'''

//! Event names, and first words of device links.
ghost use Rattle.std.specs.Prelude.{◌≡◌, ◌≤◌, length};
ghost use Rattle.ioc_scan.specs.Places.{event_word, given_word, first_word};

use ioc_links::MAX_DEVICE_BYTES;
use ioc_values::trim::{is_blank, trim};
use ioc_values::{Short, Text};

/// The name of an event, or the first word of a device link, of at most 119 bytes.
pub type Word = Short<MAX_DEVICE_BYTES>;

// Creates a word of these bytes.
fn whole(bytes: &[u8]) -> Word
    requires { length bytes.now ≤ 119 }
    ensures { result ≡ bytes.now }
{
    Word::cut(bytes)
}

/// Returns the word of an event name, which is the name without the spaces at its ends. Returns
/// `None` if the name is empty or `0`; these name no event.
pub fn event_word(name: Text) -> Option<Word>
    ensures { result ≡ event_word name }
{
    let bytes = trim(name.as_slice(), false);
    if bytes.is_empty() || bytes == b"0".as_slice() {
        return None;
    }
    Some(whole(bytes))
}

/// Returns the word of these bytes, or `None` if there are more than 119.
pub fn given_word(bytes: &[u8]) -> Option<Word>
    ensures { result ≡ given_word bytes.now }
{
    if bytes.len() > MAX_DEVICE_BYTES {
        return None;
    }
    Some(whole(bytes))
}

/// Returns the first word of a device link's text, up to the first space or tab.
pub fn link_word(text: Short<MAX_DEVICE_BYTES>) -> Word
    ensures { result ≡ first_word text }
{
    whole(first_word(text.as_slice()))
}

// Returns the bytes before the first space or tab.
fn first_word(text: &[u8]) -> &[u8]
    ensures value { result.now ≡ first_word text.now }
    ensures shorter { length result.now ≤ length text.now }
{
    for (i, b) in text.iter().enumerate() {
        if is_blank(*b, true) {
            return &text[..i];
        }
    }
    text
}
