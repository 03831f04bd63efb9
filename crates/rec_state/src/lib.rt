//! The record types with states: bi and bo, with two states, and mbbi and mbbo, with sixteen.
#![tactic(auto)]

pub mod bits;
pub mod input;
pub mod output;
pub mod sixteen_states;
pub mod slots;
pub mod state_fields;
pub mod states;
pub mod two_states;

pub use input::{Bi, Mbbi, StateInput};
pub use output::{Bo, Mbbo, StateOutput};
pub use sixteen_states::SixteenStates;
pub use state_fields::StateFields;
pub use states::States;
pub use two_states::TwoStates;
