//! Bits of 32-bit numbers.
ghost use Rattle.std.specs.Prelude.{◌≡◌};
ghost use Rattle.rec_state.specs.Bits.{lowest_bits, shifted_left, shifted_right, made_mask};

// Returns a number whose lowest `count` bits are ones, at most all 32.
#[tactic(auto, unfolding(crate::specs::Bits::lowest_bits))]
fn lowest_bits(count: u16) -> u32
    ensures { result ≡ lowest_bits count }
{
    if count < 32 {
        let above = 1u64 << u32::from(count);
        (above - 1) as u32
    } else {
        u32::MAX
    }
}

/// Returns the number shifted left, truncated to 32 bits.
#[tactic(auto, unfolding(crate::specs::Bits::shifted_left))]
pub fn shifted_left(number: u32, count: u16) -> u32
    ensures { result ≡ shifted_left number count }
{
    if count < 32 {
        let wide = u64::from(number) << u32::from(count);
        (wide % 4294967296) as u32
    } else {
        0
    }
}

/// Returns the number shifted right.
#[tactic(auto, unfolding(crate::specs::Bits::shifted_right))]
pub fn shifted_right(number: u32, count: u16) -> u32
    ensures { result ≡ shifted_right number count }
{
    if count < 32 {
        number >> u32::from(count)
    } else {
        0
    }
}

/// Returns a mask of `count` bits that begins at bit `place`, or all 32 bits if the count is 0.
#[tactic(auto, unfolding(crate::specs::Bits::made_mask))]
pub fn made_mask(count: u16, place: u16) -> u32
    ensures { result ≡ made_mask count place }
{
    if count == 0 {
        u32::MAX
    } else {
        shifted_left(lowest_bits(count), place)
    }
}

'''

What you output should match every line above exactly.

= ANSWER SECTION =
//! Event names, and first words of device links.
ghost use Rattle.std.specs.Prelude.{◌≡◌, ◌≤◌, length};
ghost use Rattle.ioc_scan.specs.Places.{event_word, given_word, first_word};

use ioc_links::MAX_DEVICE_BYTES;
use ioc_values::trim::{is_blank, trim};
use ioc_values::{Short, Text};

/// The name of an event, or the first word of a device link, of at most 119 bytes.
pub type Word = Short<MAX_DEVICE_BYTES>;

// Creates a word of these bytes.
fn whole(bytes: &[u8]) -> Word
    requires { length bytes.now ≤ 119 }
    ensures { result ≡ bytes.now }
{
    Word::cut(bytes)
}

/// Returns the word of an event name, which is the name without the spaces at its ends. Returns
/// `None` if the name is empty or `0`; these name no event.
pub fn event_word(name: Text) -> Option<Word>
    ensures { result ≡ event_word name }
{
    let bytes = trim(name.as_slice(), false);
    if bytes.is_empty() || bytes == b"0".as_slice() {
        return None;
    }
    Some(whole(bytes))
}

/// Returns the word of these bytes, or `None` if there are more than 119.
pub fn given_word(bytes: &[u8]) -> Option<Word>
    ensures { result ≡ given_word bytes.now }
{
    if bytes.len() > MAX_DEVICE_BYTES {
        return None;
    }
    Some(whole(bytes))
}

/// Returns the first word of a device link's text, up to the first space or tab.
pub fn link_word(text: Short<MAX_DEVICE_BYTES>) -> Word
    ensures { result ≡ first_word text }
{
    whole(first_word(text.as_slice()))
}

// Returns the bytes before the first space or tab.
fn first_word(text: &[u8]) -> &[u8]
    ensures value { result.now ≡ first_word text.now }
    ensures shorter { length result.now ≤ length text.now }
{
    for (i, b) in text.iter().enumerate() {
        if is_blank(*b, true) {
            return &text[..i];
        }
    }
    text
}
repository 03831f04bd63efb9
filename crates/rec_state/src/lib.rt
//! The record types with states: bi and bo, with two states, and mbbi and mbbo, with sixteen.
#![tactic(auto)]

pub mod bits;
pub mod input;
pub mod output;
pub mod sixteen_states;
pub mod slots;
pub mod state_fields;
pub mod states;
pub mod two_states;

pub use input::{Bi, Mbbi, StateInput};
pub use output::{Bo, Mbbo, StateOutput};
pub use sixteen_states::SixteenStates;
pub use state_fields::StateFields;
pub use states::States;
pub use two_states::TwoStates;
//! Bits of 32-bit numbers.
ghost use Rattle.std.specs.Prelude.{◌≡◌};
ghost use Rattle.rec_state.specs.Bits.{lowest_bits, shifted_left, shifted_right, made_mask};

// Returns a number whose lowest `count` bits are ones, at most all 32.
#[tactic(auto, unfolding(crate::specs::Bits::lowest_bits))]
fn lowest_bits(count: u16) -> u32
    ensures { result ≡ lowest_bits count }
{
    if count < 32 {
        let above = 1u64 << u32::from(count);
        (above - 1) as u32
    } else {
        u32::MAX
    }
}

/// Returns the number shifted left, truncated to 32 bits.
#[tactic(auto, unfolding(crate::specs::Bits::shifted_left))]
pub fn shifted_left(number: u32, count: u16) -> u32
    ensures { result ≡ shifted_left number count }
{
    if count < 32 {
        let wide = u64::from(number) << u32::from(count);
        (wide % 4294967296) as u32
    } else {
        0
    }
}

/// Returns the number shifted right.
#[tactic(auto, unfolding(crate::specs::Bits::shifted_right))]
pub fn shifted_right(number: u32, count: u16) -> u32
    ensures { result ≡ shifted_right number count }
{
    if count < 32 {
        number >> u32::from(count)
    } else {
        0
    }
}

/// Returns a mask of `count` bits that begins at bit `place`, or all 32 bits if the count is 0.
#[tactic(auto, unfolding(crate::specs::Bits::made_mask))]
pub fn made_mask(count: u16, place: u16) -> u32
    ensures { result ≡ made_mask count place }
{
    if count == 0 {
        u32::MAX
    } else {
        shifted_left(lowest_bits(count), place)
    }
}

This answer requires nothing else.